I have known John for 20 years, he is all about quality. He did a B&C Caribou for me in 91 and is the only place I would take the next one. Taxidermy is a combination of artistic talent and time to do the mount correctly. Time is money.
John is an avid hunter and fisherman, he knows what that mount means to you.
BigDan


----------



## GSPHunter (Apr 1, 2003)

For my money i would take it to St. Clair Flats Taxidermy. My family all hunt and fish and we take our trophies to Paul. He's a great guy and a superb artist. His prices are very competetive. Just stop in and check out his place you won't be disappointed. It is definitely worth the drive. 

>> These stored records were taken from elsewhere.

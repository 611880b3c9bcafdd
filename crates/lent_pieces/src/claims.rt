// Claims that are given out, and claims that end.
ghost use Rattle.std.specs.Prelude.{◌≡◌, ◌↔◌, IfOk, IsTrue, OnErr, Some, true};
ghost use Rattle.std.specs.Option.{option_and_then, option_copied, option_map};
ghost use Rattle.lent_pieces.specs.Claims.{FindsLive, IsAbandoned, IsClaimOn, IsKeptSo};
ghost use Rattle.world_steps.specs.Kept.{shared_of, IsSameBut};
ghost use Rattle.shared_world.specs.Returned.{IsSameMachine};
ghost use Rattle.shared_world.specs.Shared.{claimed, kept_machine, machine_in, ready, tree_with, work_in};
ghost use Rattle.shared_world.specs.Stands.{Stands};
ghost use Rattle.task_fork_join.specs.Attempt.{machine_of};
ghost use Rattle.unit_table.specs.Board.{marks_ready};
ghost use Rattle.unit_table.specs.Piece.{mark_in};

use eval_step::Machine;
use std::alloc::{AllocError, Global};
use unit_table::{Mark, Piece, Work};
use value_core::name_map::find;
use value_core::{Name, Ticket};
use world_claim::Claim;
use world_steps::Kept;

/// A claim on the piece, which is ready. For want of memory nothing changes but room.
pub fn claim_piece(kept: &mut Kept, alloc: Global, name: &Name) -> Result<Claim, AllocError>
    requires stands { Stands (shared_of kept.old) }
    requires ready { ready (shared_of kept.old) name.now ≡ true }
    ensures claim { IfOk result (λ claim. IsClaimOn name.now (shared_of kept.old) claim (shared_of kept.new)) }
    ensures same { OnErr result (IsSameBut (shared_of kept.old) (shared_of kept.new)) }
{
    let found = kept.units.piece(name);
    let work = ready_work(found);
    let machine = copied(alloc, machine_in(kept, name, found))?;
    let program = kept.program.clone()?;
    let piece = name.copy(alloc)?;
    let ticket = kept.units.lend(name)?;
    Ok(Claim::new(program, piece, ticket, work, machine))
}

/// The claim of that ticket is out no more, where it was. It takes no memory.
pub fn abandon(kept: &mut Kept, ticket: Ticket)
    ensures { IsAbandoned ticket (shared_of kept.old) (shared_of kept.new) }
{
    kept.units.claims_are_tied();
    kept.units.lent_are_ready();
    kept.units.take_back(ticket);
}

/// The piece under whose name a result with these parts is live. None exactly where it is live under none.
pub(crate) fn live_piece(
    kept: &Kept,
    alloc: Global,
    ticket: Ticket,
    work: Work,
    machine: &Option<Machine>,
) -> Result<Option<Name>, AllocError>
    ensures { IfOk result (FindsLive (shared_of kept.now) ticket work machine.now) }
{
    match live_name(kept, ticket, work, machine) {
        Some(name) => Ok(Some(name.copy(alloc)?)),
        None => Ok(None),
    }
}

/// The name of that piece. It takes no memory.
pub(crate) fn live_name<'a>(
    kept: &'a Kept,
    ticket: Ticket,
    work: Work,
    machine: &Option<Machine>,
) -> Option<&'a Name>
    ensures { FindsLive (shared_of kept.now) ticket work machine.now (option_copied result) }
{
    let name = claimed(kept, ticket)?;
    if is_kept_so(kept, name, work, machine) {
        Some(name)
    } else {
        None
    }
}

/// The piece whose claim has that ticket and is out. Once the run has ended none is.
pub(crate) fn claimed(kept: &Kept, ticket: Ticket) -> Option<&Name>
    ensures { option_copied result ≡ claimed (shared_of kept.now) ticket }
{
    match &kept.end {
        None => kept.units.piece_of(ticket),
        Some(_) => None,
    }
}

/// Whether the work and the machine are those that are kept of the piece. It takes no memory.
fn is_kept_so(kept: &Kept, name: &Name, work: Work, machine: &Option<Machine>) -> bool
    ensures { IsTrue result ↔ IsKeptSo (shared_of kept.now) name.now work machine.now }
{
    let piece = kept.units.piece(name);
    is_for(piece, work) && is_same(machine_in(kept, name, piece), machine)
}

/// Whether that is what can be done with what was found.
fn is_for(found: Option<&Piece>, work: Work) -> bool
    ensures { IsTrue result ↔ (option_and_then work_in (option_map mark_in (option_copied found.entry)) ≡ Some work) }
{
    match work_of(found) {
        Some(can) => can == work,
        None => false,
    }
}

/// What can be done with what was found, which is ready.
fn ready_work(found: Option<&Piece>) -> Work
    requires { marks_ready (option_copied found) ≡ true }
    ensures { option_and_then work_in (option_map mark_in (option_copied found.entry)) ≡ Some result }
{
    match work_of(found) {
        Some(work) => work,
        None => unreachable!(),
    }
}

/// What can be done with what was found, where something can.
fn work_of(found: Option<&Piece>) -> Option<Work>
    ensures { result ≡ option_and_then work_in (option_map mark_in (option_copied found.entry)) }
{
    match found {
        Some(piece) => work_in(piece.mark()),
        None => None,
    }
}

/// An equal machine of the piece. None exactly where it has none.
pub fn copy_machine(kept: &Kept, alloc: Global, name: &Name) -> Result<Option<Machine>, AllocError>
    ensures { IfOk result (λ machine. machine ≡ kept_machine (shared_of kept.now) name.now) }
{
    copied(alloc, machine_in(kept, name, kept.units.piece(name)))
}

/// An equal machine, where there is one.
fn copied(alloc: Global, machine: Option<&Machine>) -> Result<Option<Machine>, AllocError>
    ensures { IfOk result (λ copy. copy ≡ option_copied machine.entry) }
{
    match machine {
        Some(machine) => Ok(Some(machine.copy(alloc)?)),
        None => Ok(None),
    }
}

/// The machine of what was found under the name, where it has one.
fn machine_in<'a>(kept: &'a Kept, name: &Name, found: Option<&'a Piece>) -> Option<&'a Machine>
    ensures { option_copied result ≡ option_and_then (machine_in (shared_of kept.now) name.now) (option_copied found.entry) }
{
    match found {
        Some(Piece::Unit(unit)) => Some(&unit.machine),
        Some(Piece::Task(_)) => task_machine(kept, name),
        Some(Piece::Actor(_)) | None => None,
    }
}

/// The machine of the task, where it has an attempt in which it goes on.
fn task_machine<'a>(kept: &'a Kept, name: &Name) -> Option<&'a Machine>
    ensures { option_copied result ≡ option_and_then (λ tree. machine_of tree name.now) (tree_with (shared_of kept.now) name.now) }
{
    let owner = kept.owners.get(name)?;
    let tree = find(&kept.attempts, owner)?;
    tree.machine(name)
}

/// What can be done with a piece of that mark. None exactly where nothing can.
pub fn work_in(mark: &Mark) -> Option<Work>
    ensures { result ≡ work_in mark.now }
{
    match mark {
        Mark::Ready(work) => Some(*work),
        Mark::Waiting(_) | Mark::Resting | Mark::Finished(_) | Mark::Dropped => None,
    }
}

/// Whether both are none, or machines that evaluate the same and have the same answers. It takes no memory.
fn is_same(kept: Option<&Machine>, lent: &Option<Machine>) -> bool
    ensures { IsTrue result ↔ IsSameMachine (option_copied kept.entry) lent.now }
{
    match (kept, lent) {
        (Some(kept), Some(lent)) => kept.same(lent),
        (None, None) => true,
        (Some(_), None) | (None, Some(_)) => false,
    }
}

I'm not saying Lomardos isn't a good choice, i'm just going from experience. I've heard lombardos prices are a little high, but to each his own. Some trophies are worth every penny just for the memories!!!!

Jeremy


----------



## ART (Jul 7, 2004)

I don't know about fish, but I had him do a very large black bear, and a grouse. Both are excellent.


----------



## FrankB (Dec 28, 2006)

I had a 10 point done at Lombardo's and couldn't be happier. I have never had a fish done but I understand that that is his specialty. I would definately recommend them and would not hesitate to bring him a fish. The extra money is worth it.


----------



## Bass Pro Shops Doug (Dec 12, 2005)

I love the work they do! I've seen fin, fur and feather work and the guy is amazing! He surrounds himself with true artist's that know the outdoors and do there work in a realistic manner. There are many other taxidermists that focus on the little things but I've not seen an entire collection so I couldn't say they are one of the best out there. This is important because I've seen lots of work from great guys, amazing artists and I would not want to discredit them. I would never belittle an artist because taxidermy is art!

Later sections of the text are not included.